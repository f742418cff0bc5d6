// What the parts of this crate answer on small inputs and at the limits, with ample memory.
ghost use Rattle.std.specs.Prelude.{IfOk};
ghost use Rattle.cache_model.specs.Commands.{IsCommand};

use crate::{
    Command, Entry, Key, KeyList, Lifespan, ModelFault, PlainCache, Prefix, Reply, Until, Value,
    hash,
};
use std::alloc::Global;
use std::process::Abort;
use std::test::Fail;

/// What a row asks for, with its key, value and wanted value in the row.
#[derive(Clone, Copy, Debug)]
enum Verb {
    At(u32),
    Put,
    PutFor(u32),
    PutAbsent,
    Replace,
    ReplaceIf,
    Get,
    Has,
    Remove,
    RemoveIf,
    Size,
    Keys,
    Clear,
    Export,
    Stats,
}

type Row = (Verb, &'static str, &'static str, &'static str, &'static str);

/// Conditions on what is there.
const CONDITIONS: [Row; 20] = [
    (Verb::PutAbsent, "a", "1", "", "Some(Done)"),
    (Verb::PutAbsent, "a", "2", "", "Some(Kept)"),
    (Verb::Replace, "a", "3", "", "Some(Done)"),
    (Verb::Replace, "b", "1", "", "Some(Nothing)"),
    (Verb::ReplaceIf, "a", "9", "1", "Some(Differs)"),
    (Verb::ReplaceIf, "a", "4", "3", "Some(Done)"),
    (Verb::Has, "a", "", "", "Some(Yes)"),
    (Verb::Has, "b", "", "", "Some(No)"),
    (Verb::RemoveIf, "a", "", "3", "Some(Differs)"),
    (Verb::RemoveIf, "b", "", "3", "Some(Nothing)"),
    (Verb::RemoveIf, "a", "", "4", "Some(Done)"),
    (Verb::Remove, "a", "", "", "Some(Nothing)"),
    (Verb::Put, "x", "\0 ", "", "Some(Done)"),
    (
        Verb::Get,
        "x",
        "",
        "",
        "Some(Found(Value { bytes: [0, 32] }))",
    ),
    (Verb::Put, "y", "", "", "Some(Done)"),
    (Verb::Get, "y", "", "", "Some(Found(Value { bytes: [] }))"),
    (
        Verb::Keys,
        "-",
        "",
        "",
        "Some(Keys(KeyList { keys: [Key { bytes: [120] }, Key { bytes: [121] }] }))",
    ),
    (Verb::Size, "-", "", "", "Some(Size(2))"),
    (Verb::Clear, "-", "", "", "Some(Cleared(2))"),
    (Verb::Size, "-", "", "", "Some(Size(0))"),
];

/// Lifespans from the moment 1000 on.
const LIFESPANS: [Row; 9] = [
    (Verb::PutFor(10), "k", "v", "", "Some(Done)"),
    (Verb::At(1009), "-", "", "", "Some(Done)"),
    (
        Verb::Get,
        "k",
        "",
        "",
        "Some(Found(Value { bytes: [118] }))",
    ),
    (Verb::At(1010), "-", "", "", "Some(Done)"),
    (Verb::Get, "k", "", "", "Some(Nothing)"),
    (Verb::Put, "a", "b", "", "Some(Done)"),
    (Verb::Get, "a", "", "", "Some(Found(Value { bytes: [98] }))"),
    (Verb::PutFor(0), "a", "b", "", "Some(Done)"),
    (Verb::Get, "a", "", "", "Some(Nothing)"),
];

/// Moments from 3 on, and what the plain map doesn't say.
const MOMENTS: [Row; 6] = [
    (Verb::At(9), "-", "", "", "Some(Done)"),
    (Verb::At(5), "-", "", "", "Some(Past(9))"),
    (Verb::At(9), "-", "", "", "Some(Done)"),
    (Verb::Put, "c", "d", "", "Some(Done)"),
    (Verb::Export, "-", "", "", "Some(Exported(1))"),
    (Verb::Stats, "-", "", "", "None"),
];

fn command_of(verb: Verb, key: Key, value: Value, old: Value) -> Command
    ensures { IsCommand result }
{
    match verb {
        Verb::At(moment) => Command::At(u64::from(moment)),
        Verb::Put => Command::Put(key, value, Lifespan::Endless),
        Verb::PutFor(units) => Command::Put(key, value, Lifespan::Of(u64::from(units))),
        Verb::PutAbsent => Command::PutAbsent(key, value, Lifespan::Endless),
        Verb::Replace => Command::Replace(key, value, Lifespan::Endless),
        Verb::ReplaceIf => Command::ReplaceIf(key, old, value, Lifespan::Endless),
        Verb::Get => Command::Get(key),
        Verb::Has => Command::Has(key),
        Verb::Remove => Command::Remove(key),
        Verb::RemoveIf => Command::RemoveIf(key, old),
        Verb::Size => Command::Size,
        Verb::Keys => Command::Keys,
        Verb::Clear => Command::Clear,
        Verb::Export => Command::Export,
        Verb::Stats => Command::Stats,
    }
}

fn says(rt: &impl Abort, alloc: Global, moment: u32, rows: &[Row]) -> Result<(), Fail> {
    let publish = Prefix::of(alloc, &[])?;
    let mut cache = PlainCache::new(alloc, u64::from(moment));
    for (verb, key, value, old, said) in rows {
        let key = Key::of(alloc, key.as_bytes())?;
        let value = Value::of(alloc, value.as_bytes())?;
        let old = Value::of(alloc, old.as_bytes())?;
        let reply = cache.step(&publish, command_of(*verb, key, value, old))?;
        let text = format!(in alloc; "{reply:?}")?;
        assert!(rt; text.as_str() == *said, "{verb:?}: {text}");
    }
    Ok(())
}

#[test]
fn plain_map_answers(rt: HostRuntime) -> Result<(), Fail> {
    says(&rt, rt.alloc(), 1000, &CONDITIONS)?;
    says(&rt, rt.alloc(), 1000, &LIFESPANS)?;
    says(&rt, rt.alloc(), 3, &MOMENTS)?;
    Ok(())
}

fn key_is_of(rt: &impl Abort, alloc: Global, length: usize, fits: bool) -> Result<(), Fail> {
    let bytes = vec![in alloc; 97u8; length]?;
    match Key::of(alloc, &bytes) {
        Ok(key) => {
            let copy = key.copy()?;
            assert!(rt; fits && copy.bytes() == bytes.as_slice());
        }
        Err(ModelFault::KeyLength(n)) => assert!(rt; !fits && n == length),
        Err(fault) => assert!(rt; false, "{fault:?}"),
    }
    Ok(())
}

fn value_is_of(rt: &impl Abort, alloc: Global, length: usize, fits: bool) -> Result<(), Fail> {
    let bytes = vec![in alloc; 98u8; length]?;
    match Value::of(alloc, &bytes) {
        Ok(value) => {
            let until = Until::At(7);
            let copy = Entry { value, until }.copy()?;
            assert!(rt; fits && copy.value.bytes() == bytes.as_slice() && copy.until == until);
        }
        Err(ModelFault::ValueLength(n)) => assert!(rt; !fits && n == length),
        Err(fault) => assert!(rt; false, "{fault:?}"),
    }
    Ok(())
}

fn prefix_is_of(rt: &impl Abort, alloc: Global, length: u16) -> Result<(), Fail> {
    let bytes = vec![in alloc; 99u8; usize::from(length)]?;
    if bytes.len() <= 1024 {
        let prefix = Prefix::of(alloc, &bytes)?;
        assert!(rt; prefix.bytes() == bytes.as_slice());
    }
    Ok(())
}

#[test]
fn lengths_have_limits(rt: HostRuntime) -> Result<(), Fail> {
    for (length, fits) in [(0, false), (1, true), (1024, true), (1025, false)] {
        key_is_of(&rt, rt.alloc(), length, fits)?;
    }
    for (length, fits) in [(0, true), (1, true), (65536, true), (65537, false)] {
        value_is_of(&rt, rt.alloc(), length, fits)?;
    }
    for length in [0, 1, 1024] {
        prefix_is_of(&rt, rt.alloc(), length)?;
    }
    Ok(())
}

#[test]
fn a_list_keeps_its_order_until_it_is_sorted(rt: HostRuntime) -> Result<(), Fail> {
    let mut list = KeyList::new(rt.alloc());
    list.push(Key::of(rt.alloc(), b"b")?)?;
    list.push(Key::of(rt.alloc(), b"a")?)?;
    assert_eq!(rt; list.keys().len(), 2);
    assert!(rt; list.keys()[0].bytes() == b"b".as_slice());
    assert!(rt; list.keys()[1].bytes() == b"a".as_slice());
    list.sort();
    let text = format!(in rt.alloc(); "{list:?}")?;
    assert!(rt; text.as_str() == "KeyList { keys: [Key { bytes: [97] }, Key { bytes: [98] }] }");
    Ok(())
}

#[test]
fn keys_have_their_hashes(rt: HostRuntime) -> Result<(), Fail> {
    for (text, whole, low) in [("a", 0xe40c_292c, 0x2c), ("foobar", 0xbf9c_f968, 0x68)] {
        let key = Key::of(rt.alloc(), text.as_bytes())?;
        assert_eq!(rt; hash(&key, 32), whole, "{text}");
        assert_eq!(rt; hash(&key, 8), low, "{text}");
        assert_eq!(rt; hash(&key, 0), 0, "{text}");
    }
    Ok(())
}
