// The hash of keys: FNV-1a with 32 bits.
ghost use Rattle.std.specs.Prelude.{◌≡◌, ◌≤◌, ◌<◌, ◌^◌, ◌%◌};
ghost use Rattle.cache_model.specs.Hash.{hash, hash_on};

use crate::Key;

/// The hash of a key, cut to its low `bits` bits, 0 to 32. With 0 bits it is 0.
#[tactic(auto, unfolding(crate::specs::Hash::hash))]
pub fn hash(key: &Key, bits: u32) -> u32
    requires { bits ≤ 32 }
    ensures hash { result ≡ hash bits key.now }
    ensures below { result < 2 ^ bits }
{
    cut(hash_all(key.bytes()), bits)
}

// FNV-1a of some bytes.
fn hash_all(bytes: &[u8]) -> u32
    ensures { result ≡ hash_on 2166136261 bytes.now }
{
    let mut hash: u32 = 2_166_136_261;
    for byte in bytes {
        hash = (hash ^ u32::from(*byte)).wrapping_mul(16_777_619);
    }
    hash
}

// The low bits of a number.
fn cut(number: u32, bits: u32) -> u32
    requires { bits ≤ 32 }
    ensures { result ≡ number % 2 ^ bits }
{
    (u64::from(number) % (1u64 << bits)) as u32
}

**What you need to do:**
A single number is the whole answer here: the number of lines in the data containing "specs".

**Answer space:**
5